Only a slice of the listing below is wanted. Retype the lines from the one containing "let column = was.column as u64;" through the one containing "say_comma(host, said);", exactly, both ends included.

Dataset extract:
###

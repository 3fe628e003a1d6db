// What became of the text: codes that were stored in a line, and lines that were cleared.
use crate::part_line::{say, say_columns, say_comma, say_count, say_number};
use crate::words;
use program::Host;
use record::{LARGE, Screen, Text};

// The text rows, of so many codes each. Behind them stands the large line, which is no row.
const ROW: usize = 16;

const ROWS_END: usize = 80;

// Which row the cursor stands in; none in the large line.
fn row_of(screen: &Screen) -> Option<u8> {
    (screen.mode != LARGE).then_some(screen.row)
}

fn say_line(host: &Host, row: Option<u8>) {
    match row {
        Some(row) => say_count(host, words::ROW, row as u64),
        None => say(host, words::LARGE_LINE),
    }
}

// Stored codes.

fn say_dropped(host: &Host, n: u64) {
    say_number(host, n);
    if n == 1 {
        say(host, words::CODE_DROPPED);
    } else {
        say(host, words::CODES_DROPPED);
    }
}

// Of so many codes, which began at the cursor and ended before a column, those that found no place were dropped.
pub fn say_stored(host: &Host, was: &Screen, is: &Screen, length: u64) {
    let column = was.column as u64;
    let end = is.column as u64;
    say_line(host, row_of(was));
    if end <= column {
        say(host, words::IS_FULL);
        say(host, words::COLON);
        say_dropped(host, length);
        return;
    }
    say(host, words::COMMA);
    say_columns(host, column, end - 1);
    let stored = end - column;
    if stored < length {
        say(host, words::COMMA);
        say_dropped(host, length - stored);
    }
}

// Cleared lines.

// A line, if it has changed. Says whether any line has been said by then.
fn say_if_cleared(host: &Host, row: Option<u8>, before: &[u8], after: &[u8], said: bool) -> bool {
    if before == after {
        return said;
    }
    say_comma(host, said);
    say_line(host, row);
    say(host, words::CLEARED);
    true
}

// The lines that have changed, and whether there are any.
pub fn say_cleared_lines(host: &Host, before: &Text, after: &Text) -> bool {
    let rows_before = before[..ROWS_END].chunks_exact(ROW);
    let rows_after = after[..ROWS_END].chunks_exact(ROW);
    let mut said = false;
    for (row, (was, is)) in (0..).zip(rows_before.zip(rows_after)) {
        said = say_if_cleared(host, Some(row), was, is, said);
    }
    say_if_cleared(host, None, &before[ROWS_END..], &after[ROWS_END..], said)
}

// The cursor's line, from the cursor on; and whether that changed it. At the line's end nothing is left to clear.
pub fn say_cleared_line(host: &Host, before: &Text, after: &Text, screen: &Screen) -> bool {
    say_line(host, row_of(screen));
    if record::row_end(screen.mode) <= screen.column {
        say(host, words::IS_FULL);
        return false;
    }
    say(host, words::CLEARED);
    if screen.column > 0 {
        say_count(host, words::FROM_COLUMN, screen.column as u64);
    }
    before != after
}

###

Task response:
    let column = was.column as u64;
    let end = is.column as u64;
    say_line(host, row_of(was));
    if end <= column {
        say(host, words::IS_FULL);
        say(host, words::COLON);
        say_dropped(host, length);
        return;
    }
    say(host, words::COMMA);
    say_columns(host, column, end - 1);
    let stored = end - column;
    if stored < length {
        say(host, words::COMMA);
        say_dropped(host, length - stored);
    }
}

// Cleared lines.

// A line, if it has changed. Says whether any line has been said by then.
fn say_if_cleared(host: &Host, row: Option<u8>, before: &[u8], after: &[u8], said: bool) -> bool {
    if before == after {
        return said;
    }
    say_comma(host, said);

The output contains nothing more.